To do. The lines to copy are those with "SlowDown" in them. Pull each one from the entries below.

Collected data
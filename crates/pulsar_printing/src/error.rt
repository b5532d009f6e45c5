//! Printed errors.

ghost use Rattle.std.specs.Prelude.{◌≡◌, ◌∷◌, ◌++◌, OnOk, string_bytes};
ghost use Rattle.std.specs.Option.{option_map};
ghost use Rattle.pulsar_wire.specs.Authentication.{denial};
ghost use Rattle.pulsar_wire.specs.Failures.{OfConsumer, OfDiscovery, OfPartialSend, consumer_fault, discovery_fault, failure, fault, of_producer, sent as what_became};
ghost use Rattle.pulsar_printing.specs.ErrorText as printed;
ghost use Rattle.pulsar_printing.specs.WordText.{word};

use crate::word::push_word;
use pulsar_wire::{
    AuthenticationError, ConnectionError, ConsumerError, Error, IoKind, ProducerError, Reason,
    ServerError, ServiceDiscoveryError,
};
use std::alloc::AllocError;

/// An error: its first word, and what stands behind it.
#[cycle(text)]
pub fn push_error(out: &mut String, error: &Error) -> Result<(), AllocError>
    ensures { OnOk result (string_bytes out.new ≡ string_bytes out.old ++ printed.failure (failure error.now)) }
{
    push_first_word(out, error)?;
    push_detail(out, error)?;
    Ok(())
}

/// The first word of an error.
fn push_first_word(out: &mut String, error: &Error) -> Result<(), AllocError>
    ensures { OnOk result (string_bytes out.new ≡ string_bytes out.old ++ printed.first_word (failure error.now)) }
{
    out.push_str(family(error))?;
    out.push_str(word_in_family(error))?;
    Ok(())
}

/// The family of an error, in front of its word.
fn family(error: &Error) -> &'static str
    ensures { result.now ≡ printed.family (failure error.now) }
{
    match error {
        Error::Connection(_) => "connection.",
        Error::Consumer(e) => consumer_family(e),
        Error::Producer(e) => producer_family(e),
        Error::ServiceDiscovery(e) => discovery_family(e),
        Error::Authentication(_) => "authentication.",
        Error::Custom(_) | Error::Executor => "",
    }
}

fn consumer_family(error: &ConsumerError) -> &'static str
    ensures { result.now ≡ printed.family (OfConsumer (consumer_fault error.now)) }
{
    match error {
        ConsumerError::Connection(_) => "consumer.connection.",
        ConsumerError::MissingPayload(_)
        | ConsumerError::Io(_)
        | ConsumerError::ChannelFull
        | ConsumerError::Closed
        | ConsumerError::BuildError => "consumer.",
    }
}

fn producer_family(error: &ProducerError) -> &'static str
    ensures { result.now ≡ printed.family (of_producer error.now) }
{
    match error {
        ProducerError::Connection(_) => "producer.connection.",
        ProducerError::Custom(_)
        | ProducerError::Io(_)
        | ProducerError::PartialSend(_)
        | ProducerError::Batch(_)
        | ProducerError::Fenced
        | ProducerError::Closed => "producer.",
    }
}

fn discovery_family(error: &ServiceDiscoveryError) -> &'static str
    ensures { result.now ≡ printed.family (OfDiscovery (discovery_fault error.now)) }
{
    match error {
        ServiceDiscoveryError::Connection(_) => "discovery.connection.",
        ServiceDiscoveryError::Query(_, _)
        | ServiceDiscoveryError::NotFound
        | ServiceDiscoveryError::DnsLookupError
        | ServiceDiscoveryError::Canceled
        | ServiceDiscoveryError::Shutdown
        | ServiceDiscoveryError::Dummy => "discovery.",
    }
}

/// The word of an error in its family.
fn word_in_family(error: &Error) -> &'static str
    ensures { result.now ≡ printed.word_in_family (failure error.now) }
{
    match error {
        Error::Connection(e) => fault_word(e),
        Error::Consumer(e) => consumer_word(e),
        Error::Producer(e) => producer_word(e),
        Error::ServiceDiscovery(e) => discovery_word(e),
        Error::Authentication(e) => denial_word(e),
        Error::Custom(_) => "custom",
        Error::Executor => "executor",
    }
}

fn fault_word(error: &ConnectionError) -> &'static str
    ensures { result.now ≡ printed.fault_word (fault error.now) }
{
    match error {
        ConnectionError::Io(_) => "io",
        ConnectionError::SlowDown => "slowdown",
        ConnectionError::Disconnected => "disconnected",
        ConnectionError::PulsarError(_, _) => "pulsar",
        ConnectionError::Unexpected(_) => "unexpected",
        ConnectionError::Decoding(_) => "decoding",
        ConnectionError::Encoding(_) => "encoding",
        ConnectionError::SocketAddr(_) => "socketaddr",
        ConnectionError::UnexpectedResponse(_) => "unexpectedresponse",
        ConnectionError::Authentication(AuthenticationError::Custom(_)) => "authentication.custom",
        ConnectionError::Authentication(AuthenticationError::Retriable(_)) => {
            "authentication.retriable"
        }
        ConnectionError::NotFound => "notfound",
        ConnectionError::Canceled => "canceled",
        ConnectionError::Shutdown => "shutdown",
        ConnectionError::Exhausted => "exhausted",
        ConnectionError::NoMemory => "nomemory",
    }
}

fn consumer_word(error: &ConsumerError) -> &'static str
    ensures { result.now ≡ printed.consumer_word (consumer_fault error.now) }
{
    match error {
        ConsumerError::Connection(e) => fault_word(e),
        ConsumerError::MissingPayload(_) => "missingpayload",
        ConsumerError::Io(_) => "io",
        ConsumerError::ChannelFull => "channelfull",
        ConsumerError::Closed => "closed",
        ConsumerError::BuildError => "build",
    }
}

fn producer_word(error: &ProducerError) -> &'static str
    ensures { result.now ≡ printed.word_in_family (of_producer error.now) }
{
    match error {
        ProducerError::Connection(e) => fault_word(e),
        ProducerError::Custom(_) => "custom",
        ProducerError::Io(_) => "io",
        ProducerError::PartialSend(_) => "partial",
        ProducerError::Batch(_) => "batch",
        ProducerError::Fenced => "fenced",
        ProducerError::Closed => "closed",
    }
}

fn discovery_word(error: &ServiceDiscoveryError) -> &'static str
    ensures { result.now ≡ printed.discovery_word (discovery_fault error.now) }
{
    match error {
        ServiceDiscoveryError::Connection(e) => fault_word(e),
        ServiceDiscoveryError::Query(_, _) => "query",
        ServiceDiscoveryError::NotFound => "notfound",
        ServiceDiscoveryError::DnsLookupError => "dnslookuperror",
        ServiceDiscoveryError::Canceled => "canceled",
        ServiceDiscoveryError::Shutdown => "shutdown",
        ServiceDiscoveryError::Dummy => "dummy",
    }
}

fn denial_word(error: &AuthenticationError) -> &'static str
    ensures { result.now ≡ printed.denial_word (denial error.now) }
{
    match error {
        AuthenticationError::Custom(_) => "custom",
        AuthenticationError::Retriable(_) => "retriable",
    }
}

/// What stands behind the first word of an error.
#[cycle(text)]
fn push_detail(out: &mut String, error: &Error) -> Result<(), AllocError>
    ensures { OnOk result (string_bytes out.new ≡ string_bytes out.old ++ printed.detail (failure error.now)) }
{
    match error {
        Error::Connection(e) => push_fault_detail(out, e)?,
        Error::Consumer(e) => push_consumer_detail(out, e)?,
        Error::Producer(e) => push_producer_detail(out, e)?,
        Error::ServiceDiscovery(e) => push_discovery_detail(out, e)?,
        Error::Authentication(e) => push_denial_detail(out, e)?,
        Error::Custom(text) => push_text(out, text)?,
        Error::Executor => {}
    }
    Ok(())
}

fn push_fault_detail(out: &mut String, error: &ConnectionError) -> Result<(), AllocError>
    ensures { OnOk result (string_bytes out.new ≡ string_bytes out.old ++ printed.fault_detail (fault error.now)) }
{
    match error {
        ConnectionError::Io(kind) => push_behind(out, io_kind(*kind))?,
        ConnectionError::PulsarError(code, text) => push_broker_error(out, *code, text)?,
        ConnectionError::Unexpected(text) => push_text(out, text)?,
        ConnectionError::Decoding(reason) => push_behind(out, reason_word(*reason))?,
        ConnectionError::Encoding(reason) => push_behind(out, reason_word(*reason))?,
        ConnectionError::SocketAddr(text) => push_text(out, text)?,
        ConnectionError::UnexpectedResponse(body) => push_text(out, body)?,
        ConnectionError::Authentication(e) => push_denial_detail(out, e)?,
        ConnectionError::SlowDown
        | ConnectionError::Disconnected
        | ConnectionError::NotFound
        | ConnectionError::Canceled
        | ConnectionError::Shutdown
        | ConnectionError::Exhausted
        | ConnectionError::NoMemory => {}
    }
    Ok(())
}

fn push_consumer_detail(out: &mut String, error: &ConsumerError) -> Result<(), AllocError>
    ensures { OnOk result (string_bytes out.new ≡ string_bytes out.old ++ printed.consumer_detail (consumer_fault error.now)) }
{
    match error {
        ConsumerError::Connection(e) => push_fault_detail(out, e)?,
        ConsumerError::MissingPayload(text) => push_text(out, text)?,
        ConsumerError::Io(kind) => push_behind(out, io_kind(*kind))?,
        ConsumerError::ChannelFull | ConsumerError::Closed | ConsumerError::BuildError => {}
    }
    Ok(())
}

#[cycle(text)]
#[tactic(auto, using(crate::proofs::Errors::sent_row))]
fn push_producer_detail(out: &mut String, error: &ProducerError) -> Result<(), AllocError>
    ensures { OnOk result (string_bytes out.new ≡ string_bytes out.old ++ printed.detail (of_producer error.now)) }
{
    match error {
        ProducerError::Connection(e) => push_fault_detail(out, e)?,
        ProducerError::Custom(text) => push_text(out, text)?,
        ProducerError::Io(kind) => push_behind(out, io_kind(*kind))?,
        ProducerError::PartialSend(sent) => push_outcomes(out, sent)?,
        ProducerError::Batch(e) => {
            out.push(' ')?;
            push_error(out, e)?;
        }
        ProducerError::Fenced | ProducerError::Closed => {}
    }
    Ok(())
}

/// The count of the messages of a batch, and the outcome of each.
#[tactic(auto, using(crate::proofs::Errors::outcomes_more, crate::proofs::Errors::count_sent))]
fn push_outcomes(out: &mut String, sent: &[Result<u64, Error>]) -> Result<(), AllocError>
    ensures { OnOk result (string_bytes out.new ≡ string_bytes out.old ++ printed.detail (OfPartialSend (what_became sent.now))) }
{
    let count = sent.len();
    write!(out, " {count}")?;
    for outcome in sent {
        match outcome {
            Ok(ticket) => write!(out, " ok:{ticket}")?,
            Err(e) => {
                out.push_str(" err:")?;
                push_first_word(out, e)?;
            }
        }
    }
    Ok(())
}

fn push_discovery_detail(out: &mut String, error: &ServiceDiscoveryError) -> Result<(), AllocError>
    ensures { OnOk result (string_bytes out.new ≡ string_bytes out.old ++ printed.discovery_detail (discovery_fault error.now)) }
{
    match error {
        ServiceDiscoveryError::Connection(e) => push_fault_detail(out, e)?,
        ServiceDiscoveryError::Query(code, text) => push_broker_error(out, *code, text)?,
        ServiceDiscoveryError::NotFound
        | ServiceDiscoveryError::DnsLookupError
        | ServiceDiscoveryError::Canceled
        | ServiceDiscoveryError::Shutdown
        | ServiceDiscoveryError::Dummy => {}
    }
    Ok(())
}

fn push_denial_detail(out: &mut String, error: &AuthenticationError) -> Result<(), AllocError>
    ensures { OnOk result (string_bytes out.new ≡ string_bytes out.old ++ printed.denial_detail (denial error.now)) }
{
    match error {
        AuthenticationError::Custom(text) | AuthenticationError::Retriable(text) => {
            push_text(out, text)?;
        }
    }
    Ok(())
}

/// What a broker said of a request that it refused.
fn push_broker_error(
    out: &mut String,
    code: Option<ServerError>,
    text: &Option<String>,
) -> Result<(), AllocError>
    ensures { OnOk result (string_bytes out.new ≡ string_bytes out.old
        ++ printed.broker_error code (option_map string_bytes text.now)) }
{
    out.push(' ')?;
    push_code(out, code)?;
    match text {
        Some(text) => push_text(out, text)?,
        None => out.push_str(" ~")?,
    }
    Ok(())
}

/// The number of a broker's error.
fn push_code(out: &mut String, code: Option<ServerError>) -> Result<(), AllocError>
    ensures { OnOk result (string_bytes out.new ≡ string_bytes out.old ++ printed.code code) }
{
    match code {
        Some(error) => {
            let number = i32::from(error);
            write!(out, "{number}")?;
        }
        None => out.push('~')?,
    }
    Ok(())
}

/// A blank and a text as a word.
fn push_text(out: &mut String, text: &str) -> Result<(), AllocError>
    ensures { OnOk result (string_bytes out.new ≡ string_bytes out.old ++ 32 ∷ word text.now) }
{
    out.push(' ')?;
    push_word(out, text.as_bytes())?;
    Ok(())
}

/// A blank and a word of our own.
fn push_behind(out: &mut String, text: &str) -> Result<(), AllocError>
    ensures { OnOk result (string_bytes out.new ≡ string_bytes out.old ++ 32 ∷ text.now) }
{
    out.push(' ')?;
    out.push_str(text)?;
    Ok(())
}

fn io_kind(kind: IoKind) -> &'static str
    ensures { result.now ≡ printed.io_kind kind }
{
    match kind {
        IoKind::ConnectionRefused => "refused",
        IoKind::TimedOut => "timedout",
        IoKind::Other => "other",
    }
}

fn reason_word(reason: Reason) -> &'static str
    ensures { result.now ≡ printed.reason_word reason }
{
    match reason {
        Reason::Frame => "frame",
        Reason::Command => "command",
        Reason::Payload => "payload",
        Reason::Magic => "magic",
        Reason::Metadata => "metadata",
        Reason::Checksum => "checksum",
        Reason::Message => "message",
        Reason::Batch => "batch",
    }
}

Exercise response.
        ConnectionError::SlowDown => "slowdown",
        ConnectionError::SlowDown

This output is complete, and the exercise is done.